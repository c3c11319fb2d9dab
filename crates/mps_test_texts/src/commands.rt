//! mps_command: a copy of a command, a change, an answer or a list of numbers is equal to it.
use crate::words::{name, two_roles};
use mps_base::{Role, Roles, StepId};
use mps_command::*;
use mps_line::{Reply, append_answer, read_answer, read_command};
use std::alloc::AllocGlobal;
use std::process::Abort;

// A line for each command, and for each sort of value.
const COMMANDS: &[&str] = &[
    "send b \"good day\"",
    "send b -7",
    "send b true",
    "choose b ok",
    "recv b x",
    "pick b",
    "mark m",
    "commit",
    "undo 3",
    "rollback 4",
    "back m",
    "news 9",
    "show",
    "stand",
];

// How the command is shown.
fn shown(rt: &(impl Abort + AllocGlobal), command: &Command) -> String {
    format!(in rt.alloc(); "{command:?}").expect(rt, "memory")
}

// Whether the command and its copy are shown alike.
fn is_copied(rt: &(impl Abort + AllocGlobal), command: &Command) -> bool {
    let copied = command.copy(rt.alloc()).expect(rt, "memory");
    shown(rt, command).as_str() == shown(rt, &copied).as_str()
}

// The command of this line.
fn read(rt: &(impl Abort + AllocGlobal), roles: &Roles, line: &str) -> Command {
    read_command(rt.alloc(), roles, line.as_bytes()).expect(rt, "a command")
}

// `mps_command::Command::copy` gives an equal command. Two are compared by how they are shown (`Debug`).
#[test]
fn a_copied_command_is_shown_alike(rt: HostRuntime) {
    let roles = two_roles(&rt);
    for line in COMMANDS {
        assert!(rt;
            is_copied(&rt, &read(&rt, &roles, line)),
            "the copy of `{line}`"
        );
    }
}

// How the change is shown.
fn shown_change(rt: &(impl Abort + AllocGlobal), change: &Change) -> String {
    format!(in rt.alloc(); "{change:?}").expect(rt, "memory")
}

// The change and its copy are shown alike.
fn copies(rt: &(impl Abort + AllocGlobal), change: Change) {
    let copied = change.copy(rt.alloc()).expect(rt, "memory");
    let shown = shown_change(rt, &change);
    assert_eq!(rt;
        shown.as_str(),
        shown_change(rt, &copied).as_str(),
        "the copied change"
    );
}

// `mps_command::Change::copy` gives an equal change: a pick, a commit, an undo, a rollback, a return. The numbers stand
// for any.
#[test]
fn a_copied_change_is_shown_alike(rt: HostRuntime) {
    let from = Role::new(1);
    copies(&rt, Change::Forward(Forward::Pick { from }));
    copies(&rt, Change::Forward(Forward::Commit));
    copies(&rt, Change::Undo(StepId::new(3)));
    copies(&rt, Change::Rollback(StepId::new(4)));
    copies(&rt, Change::Back(name(&rt, "m")));
}

// The text of a copy of the answer, if it shows a session.
fn shown_again(rt: &(impl Abort + AllocGlobal), answer: &Answer) -> Option<ShownText> {
    match answer.copy(rt.alloc()).expect(rt, "memory") {
        Answer::Shown(text) => Some(text),
        _ => None,
    }
}

// `mps_command::Answer::copy` keeps the text of a shown session, byte by byte: any text that begins with a brace.
#[test]
fn a_copied_show_keeps_each_byte(rt: HostRuntime) {
    let text = ShownText::of(Vec::from_slice(rt.alloc(), b"{1 ~}").expect(&rt, "memory"));
    assert_eq!(rt;
        text.as_bytes(),
        b"{1 ~}".as_slice(),
        "the text as it was given"
    );
    let again = shown_again(&rt, &Answer::Shown(text)).expect(&rt, "a text");
    assert_eq!(rt; again.as_bytes(), b"{1 ~}".as_slice(), "the copied text");
}

// The list of these numbers.
fn listed(rt: &(impl Abort + AllocGlobal), numbers: &[u64]) -> StepIds {
    let mut ids = Vec::new(rt.alloc());
    for number in numbers {
        ids.push(StepId::new(*number)).expect(rt, "memory");
    }
    StepIds::of(ids)
}

// A copy of the list.
fn copy_of(rt: &(impl Abort + AllocGlobal), ids: StepIds) -> StepIds {
    match Answer::Undone(ids).copy(rt.alloc()).expect(rt, "memory") {
        Answer::Undone(undone) => undone,
        _ => StepIds::of(Vec::new(rt.alloc())),
    }
}

// Whether the list has these numbers.
fn has_numbers(ids: &StepIds, wanted: &[u64]) -> bool {
    let mut pairs = ids.as_slice().iter().zip(wanted);
    ids.as_slice().len() == wanted.len() && pairs.all(|(id, number)| id.number() == *number)
}

// A copy of the list of these numbers has them.
fn copies_list(rt: &(impl Abort + AllocGlobal), numbers: &[u64]) {
    let copied = copy_of(rt, listed(rt, numbers));
    assert!(rt; has_numbers(&copied, numbers), "the copy of {numbers:?}");
}

// `mps_command::Answer::copy` keeps a list of step numbers: of none, of one without a vector and with one, of two.
#[test]
fn a_copied_list_has_its_numbers(rt: HostRuntime) {
    copies_list(&rt, &[]);
    assert!(rt;
        has_numbers(&copy_of(&rt, StepIds::one(StepId::new(7))), &[7]),
        "the copy of 7 without a vector"
    );
    copies_list(&rt, &[7]);
    copies_list(&rt, &[5, 3]);
}

// Whether the list gives up that number alone.
fn gives_number(ids: StepIds, number: u64) -> bool {
    matches!(ids.try_into_vec(), Err(id) if id.is(StepId::new(number)))
}

// Whether the list gives up a vector of these two numbers.
fn gives_two(ids: StepIds, first: u64, second: u64) -> bool {
    match ids.try_into_vec() {
        Ok(ids) => ids.as_slice() == [StepId::new(first), StepId::new(second)].as_slice(),
        Err(_) => false,
    }
}

// `mps_command::StepIds::try_into_vec`: a list of one number that is kept without a vector gives the number, any other
// its vector.
#[test]
fn a_list_gives_up_its_vector_or_its_one_number(rt: HostRuntime) {
    assert!(rt;
        gives_number(StepIds::one(StepId::new(7)), 7),
        "the number 7"
    );
    assert!(rt;
        gives_two(listed(&rt, &[5, 3]), 5, 3),
        "the numbers 5 and 3"
    );
}

// How the answer is shown.
fn shown_answer(rt: &(impl Abort + AllocGlobal), answer: &Answer) -> String {
    format!(in rt.alloc(); "{answer:?}").expect(rt, "memory")
}

// Whether the answer and its copy are shown alike.
fn is_copied_answer(rt: &(impl Abort + AllocGlobal), answer: &Answer) -> bool {
    let copied = answer.copy(rt.alloc()).expect(rt, "memory");
    shown_answer(rt, answer).as_str() == shown_answer(rt, &copied).as_str()
}

// The answer of the reply, if it is one.
fn answered(reply: Reply) -> Option<Answer> {
    match reply {
        Reply::Answer(answer) => Some(answer),
        _ => None,
    }
}

// The answer of the line.
fn answer(rt: &(impl Abort + AllocGlobal), line: &str) -> Answer {
    let reply = read_answer(rt.alloc(), line.as_bytes()).expect(rt, "a reply");
    answered(reply).expect(rt, "an answer")
}

// Lines of answers: what a step took, or nothing; steps taken back, or none; news; refusals with a number and without.
const ANSWERS: &[&str] = &[
    "done 6 ok",
    "done 6 \"good day\"",
    "done 6",
    "undone 5 3",
    "undone",
    "news 9 5 3",
    "refused final 6",
    "refused needed 6",
    "refused ended",
];

// `mps_command::Answer::copy` gives an equal answer, by how it is shown. The last is a list of one number without a
// vector.
#[test]
fn a_copied_answer_is_shown_alike(rt: HostRuntime) {
    for line in ANSWERS {
        assert!(rt;
            is_copied_answer(&rt, &answer(&rt, line)),
            "the copy of `{line}`"
        );
    }
    let one = Answer::Undone(StepIds::one(StepId::new(6)));
    assert!(rt;
        is_copied_answer(&rt, &one),
        "the copy of 6 without a vector"
    );
}

// Lines of answers with numbers.
const LINES: &[&str] = &["done 2 5", "undone 4 3 2 1", "news 5 3 2"];

// Whether the line is that of a copy of its answer.
fn is_copied_line(rt: &(impl Abort + AllocGlobal), line: &str) -> bool {
    let copied = answer(rt, line).copy(rt.alloc()).expect(rt, "memory");
    let mut text = Vec::new(rt.alloc());
    append_answer(&copied, &mut text).expect(rt, "memory");
    text.as_slice() == line.as_bytes()
}

// `mps_command::Answer::copy` gives an answer that is written as the line of which the first was read.
#[test]
fn a_copied_answer_is_written_as_the_same_line(rt: HostRuntime) {
    for line in LINES {
        assert!(rt; is_copied_line(&rt, line), "the copy of `{line}`");
    }
}

// The list of the numbers from 1 to the last.
fn listed_to(rt: &(impl Abort + AllocGlobal), last: u64) -> StepIds {
    let mut ids = Vec::new(rt.alloc());
    for number in 0..last {
        ids.push(StepId::new(number + 1)).expect(rt, "memory");
    }
    StepIds::of(ids)
}

// Whether the numbers rise from 1 on.
fn rise(ids: &StepIds) -> bool {
    let mut before = 0;
    for id in ids.as_slice() {
        if id.number().checked_sub(1) != Some(before) {
            return false;
        }
        before = id.number();
    }
    true
}

// Whether a copy of the list of the numbers from 1 to the last has them all.
fn is_copied_to(rt: &(impl Abort + AllocGlobal), last: u64) -> bool {
    let copied = copy_of(rt, listed_to(rt, last));
    copied.as_slice().len() as u64 == last && rise(&copied)
}

// `mps_command::Answer::copy` keeps each number of a list, in order, of short lists and of a long one.
#[test]
fn a_copied_list_of_a_thousand_numbers_keeps_their_order(rt: HostRuntime) {
    for last in [5, 7, 1_000] {
        assert!(rt;
            is_copied_to(&rt, last),
            "the copy of the numbers up to {last}"
        );
    }
}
══════════
*The problem:*
Wherever a line of the data above contains "equal", copy that line.

*Response:*
//! mps_command: a copy of a command, a change, an answer or a list of numbers is equal to it.
// `mps_command::Command::copy` gives an equal command. Two are compared by how they are shown (`Debug`).
// `mps_command::Change::copy` gives an equal change: a pick, a commit, an undo, a rollback, a return. The numbers stand
// `mps_command::Answer::copy` gives an equal answer, by how it is shown. The last is a list of one number without a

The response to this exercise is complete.